Although the book of Job deals with the problem of suffering, we will not find easy answers to the problem of suffering. Nevertheless, we will find lessons in encouragement, examples that inspire faith and correction to false assumptions.

Job chapter two is a continuation of the prologue, which gives us the setting and introduces Job’s friends for the dialogue between Job and his friends and eventually between Job and God.

This morning, I want to highlight three observations from chapter two and then identify four characteristics of comforters displayed by Job’s friends. These are not the only characteristics, but they are significant characteristics of good comforters.

The word comfort comes from two Latin words, "com" and "fortis" to mean "strengthen by being with." To comfort someone is not only to help him or her feel better but also to help him or her become stronger, in order to handle the hardships of life. We all need comforters, because we all face disappointment, loss, hardship and suffering in life. Yet few of us know how to comfort others effectively.

Before we look at the characteristics of comforters, let me highlight the three observations from Job chapter 2.

First, we observe that faithfulness requires more faithfulness. Verses 1-3

If you remember, Job proved his faithfulness at the end of chapter 1 by praising God even after losing his livestock, properties and children. You would think that such faithfulness, or ongoing trust in God, would be rewarded with wealth, health or spiritual intimacy with God. Instead, we read that God permits Satan to test Job again.

Rosa, Amy, Kathy and my wife helped at the Vacation Bible School this week. My daughter for the first time attended school. The first day, she was thrilled to go. She only whined a little when she saw my car drive off. The second day, she cried much more when she saw Mommy walking by with other kids.

On the third day, she was reluctant to go to school. So I asked her why. She answered, "I already went to school." She didn’t know that faithfulness requires more faithfulness.

Our parents, because of our faithfulness in middle school, required us to go to high school. And because we were faithful in our study in high school, our parents required us to go to college.

If we dropped out of middle school, we wouldn’t need to be faithful anymore. Faithfulness requires more faithfulness.

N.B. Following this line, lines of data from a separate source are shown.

impl Chain {
    /// A member before its first packet, with room for `cap` entries. All memory is taken here.
    pub fn open(alloc: Global, me: u8, members: &Members, cap: u32) -> Result<Chain, NoMemory>
        requires me { me ≤ 6 }
        requires bounded { cap ≤ max_log_len }
        ensures { IfOk result (λ c. c ≡ opened me members.now cap) }
    {
        Ok(Chain {
            me,
            members: members.copy(),
            shim: Shim::open(alloc, cap)?,
            sender: Sender::open(0, 0),
        })
    }

    /// The log and the accepted switch.
    pub fn shim(&self) -> &Shim
        ensures { result.now ≡ record { entries = self.now.log; applied = self.now.known; cap = self.now.cap; accepted = self.now.accepted } }
    {
        &self.shim
    }

    /// The epoch.
    pub fn view(&self) -> u32
        ensures { result ≡ self.now.view }
    {
        self.sender.view()
    }

    /// What the member makes of a packet, by the rules of a chain.
    pub fn step(&mut self, packet: &Packet, acted: &mut Acted)
        ensures { Gives self.new acted.new (rules.chain_step self.old packet.now) }
    {
        refused_packets_are_ignored();
        steps_give_their_parts();
        match refusal(self.me, takes(&packet.body), packet) {
            Some(why) => ignore(acted, why),
            None => self.row(number(packet.src), &packet.body, acted),
        }
    }

    /// The tail completes its last entry again; another member passes on what its successor hasn't acknowledged.
    pub fn tick(&mut self, acted: &mut Acted)
        ensures { Gives self.new acted.new (rules.chain_tick self.old) }
    {
        if self.is_tail() {
            self.complete_last(acted);
        } else {
            self.pass_on_rest(acted);
        }
    }

    /// What the member makes of what a packet says, whose sender has this number.
    fn row(&mut self, from: u32, body: &Body, acted: &mut Acted)
        ensures { step_of self.new acted.new ≡ rules.chain_row self.old from body.now }
    {
        match body {
            Body::Put(put) => self.on_put(put, acted),
            Body::FastRead(read) => self.on_fast_read(read, acted),
            Body::NormalRead(read) => self.on_normal_read(read, acted),
            Body::Feed(feed) => self.on_feed(from, feed, acted),
            Body::FeedAck(ack) => self.on_feed_ack(from, ack, acted),
            Body::Ask(ask) => self.on_ask(from, ask, acted),
            Body::Config(config) => self.on_config(config, acted),
            Body::Refuse(refuse) => self.on_refuse(refuse, acted),
            _ => ignore(acted, Why::Kind),
        }
    }

    /// A numbered write, at the head.
    fn on_put(&mut self, put: &Put, acted: &mut Acted)
        ensures { step_of self.new acted.new ≡ rules.chain_put self.old put.now }
    {
        if !self.is_head() {
            return ignore(acted, Why::Status);
        }
        match self.shim.admit(put) {
            Admit::Drop(why) => ignore(acted, why),
            Admit::Again { index } => self.answer_again(index, acted),
            Admit::Take => self.append(put, acted),
        }
    }

    /// Puts an admitted write behind the log, and passes it on.
    fn append(&mut self, put: &Put, acted: &mut Acted)
        ensures { step_of self.new acted.new ≡ steps.appends rules.chain_grew self.old (steps.entry_of put.now) }
    {
        match self.shim.append(entry_of(put)) {
            Ok(()) => {
                send_none(acted);
                self.grew(acted);
            }
            Err(_full) => log_full(acted),
        }
    }

    /// A write that the log has already: the tail completes it again, another head asks the tail to.
    fn answer_again(&self, index: u32, acted: &mut Acted)
        ensures { step_of self.now acted.new ≡ steps.answers_again rules.chain_again self.now index (slice_get self.now.log index) }
    {
        match self.shim.log().entry(index) {
            Some(entry) => self.write_again(&entry, index, acted),
            None => ignore(acted, Why::Repeat),
        }
    }

    /// A stamped read: answered where the read-ahead test holds, else a normal read at the tail.
    fn on_fast_read(&self, read: &FastRead, acted: &mut Acted)
        ensures { step_of self.now acted.new ≡ rules.chain_fast_read self.now read.now }
    {
        match self.shim.read_ahead(read) {
            Local::Answer(reply) => send_one(acted, &reply_packet(self.me, read.client, reply)),
            Local::Pass => self.read_at_tail(&as_normal(read), acted),
        }
    }

    /// A read at the tail, which answers from its log: all of it is committed.
    fn on_normal_read(&self, read: &NormalRead, acted: &mut Acted)
        ensures { step_of self.now acted.new ≡ rules.chain_normal_read self.now read.now }
    {
        if !self.is_tail() {
            return ignore(acted, Why::Status);
        }
        let found = self.shim.log().latest(read.object);
        let reply = reply_to(read.request, found);
        send_one(acted, &reply_packet(self.me, read.client, reply));
    }

    /// A page, from the predecessor.
    fn on_feed(&mut self, from: u32, feed: &Feed, acted: &mut Acted)
        ensures { step_of self.new acted.new ≡ rules.chain_feed self.old from feed.now }
    {
        if feed.view != self.view() {
            return ignore(acted, Why::Epoch);
        }
        match numbered(self.predecessor(), from) {
            Some(before) => self.take_in(before, feed, acted),
            None => ignore(acted, Why::Foreign),
        }
    }

    /// An acknowledgement, from the successor.
    fn on_feed_ack(&mut self, from: u32, ack: &FeedAck, acted: &mut Acted)
        ensures { step_of self.new acted.new ≡ rules.chain_feed_ack self.old from ack.now }
    {
        if ack.view != self.view() {
            return ignore(acted, Why::Epoch);
        }
        match numbered(self.successor(), from) {
            Some(behind) => self.note(behind, ack.len, acted),
            None => ignore(acted, Why::Foreign),
        }
    }

    /// The head asks the tail to complete a write again.
    fn on_ask(&self, from: u32, ask: &Ask, acted: &mut Acted)
        ensures { step_of self.now acted.new ≡ rules.chain_ask self.now from ask.now }
    {
        if ask.view != self.view() {
            return ignore(acted, Why::Epoch);
        }
        if !self.is_tail() {
            return ignore(acted, Why::Status);
        }
        if u32::from(first_member(&self.members)) != from {
            return ignore(acted, Why::Foreign);
        }
        match self.shim.judge(ask.client, ask.request) {
            Verdict::Old => ignore(acted, Why::Repeat),
            Verdict::New => ignore(acted, Why::Gap),
            Verdict::Again { index } => self.complete(index, acted),
        }
    }

    /// The members of a later epoch, in which nothing is acknowledged yet.
    fn on_config(&mut self, config: &Config, acted: &mut Acted)
        ensures { step_of self.new acted.new ≡ rules.chain_config self.old config.now }
    {
        if config.view <= self.view() {
            return ignore(acted, Why::Epoch);
        }
        if !is_member(&config.members, self.me) {
            return ignore(acted, Why::Foreign);
        }
        let was_tail = self.is_tail();
        self.members = config.members.copy();
        self.sender = Sender::open(config.view, 0);
        self.configured(was_tail, acted);
    }

    /// Nothing more is taken of a switch and of those before it.
    fn on_refuse(&mut self, told: &Refuse, acted: &mut Acted)
        ensures { step_of self.new acted.new ≡ steps.on_refuse self.old told.now }
    {
        if told.switch == u32::MAX {
            return ignore(acted, Why::Foreign);
        }
        refuse(acted, self.me, &mut self.shim, told.switch);
    }

    /// A write that the log has at this index: the tail completes it again, another head asks the tail to.
    fn write_again(&self, entry: &Entry, index: u32, acted: &mut Acted)
        ensures { step_of self.now acted.new ≡ steps.answers_again rules.chain_again self.now index (Some entry.now) }
    {
        if !entry.is_write() {
            return ignore(acted, Why::Repeat);
        }
        if self.is_tail() {
            return send_one(acted, &done_packet(self.me, self.shim.accepted(), entry));
        }
        let ask = Body::Ask(Ask {
            view: self.view(),
            client: entry.client,
            request: entry.request,
        });
        let tail = last_member(&self.members);
        send_one(acted, &packet_from(self.me, Node::Replica(tail), ask));
    }

    /// A normal read, here at the tail, else passed on to it.
    fn read_at_tail(&self, read: &NormalRead, acted: &mut Acted)
        ensures { step_of self.now acted.new ≡ parts.read_at_tail self.now read.now }
    {
        if self.is_tail() {
            return self.on_normal_read(read, acted);
        }
        let tail = Node::Replica(last_member(&self.members));
        send_one(acted, &packet_from(self.me, tail, Body::NormalRead(*read)));
    }

    /// Takes a page in and acknowledges it. New entries go on.
    fn take_in(&mut self, from: u8, feed: &Feed, acted: &mut Acted)
        requires { from ≤ 6 }
        ensures { step_of self.new acted.new ≡ parts.taken_in self.old from feed.now }
    {
        match take(&mut self.shim, feed) {
            Took::Gap => ignore(acted, Why::Gap),
            Took::LogFull => log_full(acted),
            Took::Grown(_) => {
                send_one(acted, &self.ack_to(from));
                self.grew(acted);
            }
            Took::Same(_) | Took::Staged(_) | Took::Adopted(_) => {
                send_one(acted, &self.ack_to(from));
            }
        }
    }

    /// Notes what the successor acknowledged, and sends it what it lacks.
    fn note(&mut self, behind: u8, len: u32, acted: &mut Acted)
        requires { behind ≤ 6 }
        ensures { step_of self.new acted.new ≡ parts.noted self.old behind len }
    {
        if len > self.shim.log().len() {
            return ignore(acted, Why::Foreign);
        }
        if !self.sender.note(behind, len) {
            return ignore(acted, Why::Repeat);
        }
        send_none(acted);
        if len < self.shim.log().len() {
            self.pass_on(&mut acted.outs);
        }
    }

    /// A new tail declares all of its log, another member passes its log on.
    fn configured(&mut self, was_tail: bool, acted: &mut Acted)
        ensures { step_of self.new acted.new ≡ rules.chain_configured was_tail self.old }
    {
        send_none(acted);
        if self.is_tail() {
            if !was_tail {
                self.declare(0, acted);
            }
        } else if self.shim.log().len() != 0 {
            self.pass_on(&mut acted.outs);
        }
    }

    /// After new entries: the tail declares them, another member passes them on, behind the packets that it has sent.
    fn grew(&mut self, acted: &mut Acted)
        requires room { length acted.old.outs + steps.max_answered ≤ max_outs }
        requires sent { acted.old ≡ sends_act acted.old.outs }
        ensures { step_of self.new acted.new ≡ steps.sends_first acted.old.outs (rules.chain_grew self.old) }
    {
        if self.is_tail() {
            let from = self.shim.log().applied_len();
            self.declare(from, acted);
        } else {
            self.pass_on(&mut acted.outs);
        }
    }

    /// Declares the log from a place on, with the answers behind the packets that it has sent.
    fn declare(&mut self, from: u32, acted: &mut Acted)
        requires room { length acted.old.outs + steps.max_answered ≤ max_outs }
        requires within { from ≤ length self.old.log }
        requires sent { acted.old ≡ sends_act acted.old.outs }
        ensures { step_of self.new acted.new ≡ steps.sends_first acted.old.outs (steps.declares self.old from (length self.old.log)) }
    {
        let to = self.shim.log().len();
        declare(acted, self.me, &mut self.shim, from, to);
    }

    /// Completes the entry at an index again, if there is one.
    fn complete(&self, index: u32, acted: &mut Acted)
        ensures { step_of self.now acted.new ≡ steps.sends self.now (steps.done_if_any self.now (slice_get self.now.log index)) }
    {
        match self.shim.log().entry(index) {
            Some(entry) => send_one(acted, &done_packet(self.me, self.shim.accepted(), &entry)),
            None => send_none(acted),
        }
    }

    /// Completes the last entry again, if there is one.
    fn complete_last(&self, acted: &mut Acted)
        ensures { step_of self.now acted.new ≡ steps.sends self.now (steps.done_if_any self.now (steps.last_of self.now.log)) }
    {
        self.complete(self.shim.log().len().saturating_sub(1), acted);
    }

    /// Passes on what the successor hasn't acknowledged.
    fn pass_on_rest(&self, acted: &mut Acted)
        ensures { step_of self.now acted.new ≡ parts.passes_rest self.now }
    {
        send_none(acted);
        if let Some(behind) = self.successor() {
            if self.sender.acked(behind) < self.shim.log().len() {
                self.pass_on(&mut acted.outs);
            }
        }
    }

    /// Puts the page to the successor behind the packets, if there is a successor.
    #[inline(always)]
    fn pass_on(&self, outs: &mut Outs)
        requires { length outs.old < max_outs }
        ensures { outs.new ≡ outs.old ++ rules.passes_on self.now }
    {
        if let Some(behind) = self.successor() {
            push(outs, &self.page_to(behind));
        }
    }

    /// The page to a replica.
    #[inline(always)]
    fn page_to(&self, other: u8) -> Packet<'_>
        requires { other ≤ 6 }
        ensures { result ≡ steps.page_to self.now 0 0 other }
    {
        let feed = self.sender.page(self.shim.log(), 0, other);
        packet_from(self.me, Node::Replica(other), Body::Feed(feed))
    }

    /// The acknowledgement of what the log holds.
    #[inline(always)]
    fn ack_to(&self, other: u8) -> Packet<'static>
        requires { other ≤ 6 }
        ensures { result ≡ steps.ack_to self.now other }
    {
        let ack = FeedAck {
            view: self.view(),
            len: self.shim.log().len(),
        };
        packet_from(self.me, Node::Replica(other), Body::FeedAck(ack))
    }

    /// Whether this is the first member.
    #[inline]
    fn is_head(&self) -> bool
        ensures { result ≡ rules.is_head self.now }
    {
        first_member(&self.members) == self.me
    }

    /// Whether this is the last member.
    #[inline]
    fn is_tail(&self) -> bool
        ensures { result ≡ rules.is_tail self.now }
    {
        last_member(&self.members) == self.me
    }

    /// The next member, if there is one.
    #[inline]
    fn successor(&self) -> Option<u8>
        ensures value { result ≡ rules.successor self.now }
        ensures within { IfSome result (λ m. m ≤ 6) }
    {
        successor(&self.members, self.me)
    }

    /// The member before, if there is one.
    #[inline]
    fn predecessor(&self) -> Option<u8>
        ensures value { result ≡ rules.predecessor self.now }
        ensures within { IfSome result (λ m. m ≤ 6) }
    {
        predecessor(&self.members, self.me)
    }
}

The alternative would be unfaithfulness or dropping out.

You thought that by faithfully forgiving your husband five times for the same offense, that God would change him. What you didn’t know was that faithfulness requires more faithfulness.

You thought that by faithfully serving the church for 20 years, God would let you rest after retirement. What you didn’t know was that faithfulness requires more faithfulness. The alternative would be unfaithfulness or dropping out.